» **What the task asks**
If a line of the data contains the word "Prelude", it is counted; report how many such lines there are and nothing else.
(Dataset records)
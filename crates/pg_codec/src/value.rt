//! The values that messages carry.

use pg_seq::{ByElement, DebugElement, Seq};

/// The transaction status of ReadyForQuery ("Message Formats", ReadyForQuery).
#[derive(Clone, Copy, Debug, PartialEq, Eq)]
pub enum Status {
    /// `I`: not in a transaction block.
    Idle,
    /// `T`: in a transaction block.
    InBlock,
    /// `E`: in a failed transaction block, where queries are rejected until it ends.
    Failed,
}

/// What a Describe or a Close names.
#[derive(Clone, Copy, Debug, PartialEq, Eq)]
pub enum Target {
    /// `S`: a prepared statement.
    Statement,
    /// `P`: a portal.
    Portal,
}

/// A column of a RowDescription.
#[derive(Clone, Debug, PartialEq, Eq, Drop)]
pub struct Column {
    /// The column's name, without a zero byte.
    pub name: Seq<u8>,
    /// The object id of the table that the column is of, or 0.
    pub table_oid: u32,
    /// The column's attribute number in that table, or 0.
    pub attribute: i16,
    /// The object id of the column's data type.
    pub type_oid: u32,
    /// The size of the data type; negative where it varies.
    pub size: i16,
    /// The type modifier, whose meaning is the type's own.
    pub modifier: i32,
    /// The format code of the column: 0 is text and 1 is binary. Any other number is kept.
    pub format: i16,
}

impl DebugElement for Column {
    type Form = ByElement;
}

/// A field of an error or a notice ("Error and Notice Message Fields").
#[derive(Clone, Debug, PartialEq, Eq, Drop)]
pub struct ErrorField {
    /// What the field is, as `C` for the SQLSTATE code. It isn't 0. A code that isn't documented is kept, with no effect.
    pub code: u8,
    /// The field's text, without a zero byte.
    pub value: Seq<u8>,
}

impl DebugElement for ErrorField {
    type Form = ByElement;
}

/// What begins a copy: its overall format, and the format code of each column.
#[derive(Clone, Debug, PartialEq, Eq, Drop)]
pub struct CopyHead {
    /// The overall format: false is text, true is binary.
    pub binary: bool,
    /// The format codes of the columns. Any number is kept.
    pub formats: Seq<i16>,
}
(End Dataset records)
(Dataset records)
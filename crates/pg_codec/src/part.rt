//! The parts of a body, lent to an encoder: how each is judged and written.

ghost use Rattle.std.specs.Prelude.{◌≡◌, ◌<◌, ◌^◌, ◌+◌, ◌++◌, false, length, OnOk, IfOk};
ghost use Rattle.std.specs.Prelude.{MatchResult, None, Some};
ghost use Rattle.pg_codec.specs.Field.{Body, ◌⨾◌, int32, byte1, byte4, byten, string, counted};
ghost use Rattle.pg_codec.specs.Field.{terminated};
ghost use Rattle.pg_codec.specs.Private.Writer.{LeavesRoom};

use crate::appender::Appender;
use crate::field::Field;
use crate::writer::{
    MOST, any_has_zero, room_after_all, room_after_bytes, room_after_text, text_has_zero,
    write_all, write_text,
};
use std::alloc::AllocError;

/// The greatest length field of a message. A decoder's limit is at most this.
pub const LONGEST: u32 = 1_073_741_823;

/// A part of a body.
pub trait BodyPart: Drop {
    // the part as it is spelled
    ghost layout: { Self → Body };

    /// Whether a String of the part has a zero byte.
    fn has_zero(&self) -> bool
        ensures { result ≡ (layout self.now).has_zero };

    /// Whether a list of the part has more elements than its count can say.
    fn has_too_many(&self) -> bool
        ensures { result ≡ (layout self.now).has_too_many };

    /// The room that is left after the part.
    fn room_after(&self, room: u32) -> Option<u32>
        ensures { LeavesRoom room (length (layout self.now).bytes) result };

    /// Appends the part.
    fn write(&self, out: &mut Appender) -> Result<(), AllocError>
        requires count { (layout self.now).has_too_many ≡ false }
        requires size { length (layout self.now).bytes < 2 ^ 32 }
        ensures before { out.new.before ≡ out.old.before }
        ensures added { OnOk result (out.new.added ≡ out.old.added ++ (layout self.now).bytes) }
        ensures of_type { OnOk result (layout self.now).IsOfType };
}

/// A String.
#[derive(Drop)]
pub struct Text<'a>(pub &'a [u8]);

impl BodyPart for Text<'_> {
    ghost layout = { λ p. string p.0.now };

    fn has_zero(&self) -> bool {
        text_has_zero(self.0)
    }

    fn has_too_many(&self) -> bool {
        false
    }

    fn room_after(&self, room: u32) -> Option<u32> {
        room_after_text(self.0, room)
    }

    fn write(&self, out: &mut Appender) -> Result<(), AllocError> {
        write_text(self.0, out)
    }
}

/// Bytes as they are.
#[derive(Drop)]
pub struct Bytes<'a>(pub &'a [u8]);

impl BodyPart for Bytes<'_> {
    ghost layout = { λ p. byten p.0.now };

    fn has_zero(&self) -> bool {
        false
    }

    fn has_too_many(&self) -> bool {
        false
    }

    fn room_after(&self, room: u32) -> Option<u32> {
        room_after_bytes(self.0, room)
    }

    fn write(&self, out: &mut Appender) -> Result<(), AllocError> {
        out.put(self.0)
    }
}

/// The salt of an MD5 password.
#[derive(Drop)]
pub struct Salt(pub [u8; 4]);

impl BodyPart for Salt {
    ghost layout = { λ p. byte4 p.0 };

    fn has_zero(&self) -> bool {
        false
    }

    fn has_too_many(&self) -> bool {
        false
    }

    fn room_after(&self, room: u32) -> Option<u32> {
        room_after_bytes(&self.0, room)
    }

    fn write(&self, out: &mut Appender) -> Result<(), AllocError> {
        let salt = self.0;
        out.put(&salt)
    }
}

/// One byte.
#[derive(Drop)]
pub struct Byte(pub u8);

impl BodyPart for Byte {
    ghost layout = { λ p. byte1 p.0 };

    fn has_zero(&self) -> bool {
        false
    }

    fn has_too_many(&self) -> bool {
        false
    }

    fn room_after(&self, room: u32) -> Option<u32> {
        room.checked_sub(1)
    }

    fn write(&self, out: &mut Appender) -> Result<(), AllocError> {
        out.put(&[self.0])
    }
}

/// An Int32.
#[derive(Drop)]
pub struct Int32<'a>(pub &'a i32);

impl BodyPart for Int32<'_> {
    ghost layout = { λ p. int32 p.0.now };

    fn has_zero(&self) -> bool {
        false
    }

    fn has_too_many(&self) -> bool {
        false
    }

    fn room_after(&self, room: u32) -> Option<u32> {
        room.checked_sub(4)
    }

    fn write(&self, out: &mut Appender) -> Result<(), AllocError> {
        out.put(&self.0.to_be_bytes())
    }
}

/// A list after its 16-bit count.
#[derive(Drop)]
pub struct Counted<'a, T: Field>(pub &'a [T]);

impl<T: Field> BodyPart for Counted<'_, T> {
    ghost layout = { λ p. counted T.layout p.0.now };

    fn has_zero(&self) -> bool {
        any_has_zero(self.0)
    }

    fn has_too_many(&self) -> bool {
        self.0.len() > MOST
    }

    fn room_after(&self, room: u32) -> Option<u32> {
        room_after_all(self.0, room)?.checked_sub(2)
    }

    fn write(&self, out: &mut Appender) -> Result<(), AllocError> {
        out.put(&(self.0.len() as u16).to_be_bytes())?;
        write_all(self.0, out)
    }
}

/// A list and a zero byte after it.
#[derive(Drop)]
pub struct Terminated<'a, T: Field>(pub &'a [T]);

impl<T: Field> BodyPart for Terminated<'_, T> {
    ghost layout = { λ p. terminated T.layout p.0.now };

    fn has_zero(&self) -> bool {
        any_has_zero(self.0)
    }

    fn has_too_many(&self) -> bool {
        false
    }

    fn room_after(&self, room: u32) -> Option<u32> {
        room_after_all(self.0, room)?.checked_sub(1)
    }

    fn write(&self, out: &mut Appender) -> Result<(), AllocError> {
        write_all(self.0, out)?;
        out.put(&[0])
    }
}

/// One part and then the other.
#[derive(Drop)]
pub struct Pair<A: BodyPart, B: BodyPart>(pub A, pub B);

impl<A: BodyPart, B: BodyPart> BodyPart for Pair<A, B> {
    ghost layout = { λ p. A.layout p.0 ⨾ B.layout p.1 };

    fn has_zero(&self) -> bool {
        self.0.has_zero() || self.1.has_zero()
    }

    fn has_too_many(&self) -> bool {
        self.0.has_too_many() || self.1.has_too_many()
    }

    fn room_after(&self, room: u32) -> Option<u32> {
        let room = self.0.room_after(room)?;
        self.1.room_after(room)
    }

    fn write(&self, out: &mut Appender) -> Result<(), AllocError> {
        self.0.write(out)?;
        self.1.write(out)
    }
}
(End Dataset records)
» **Exercise output**
2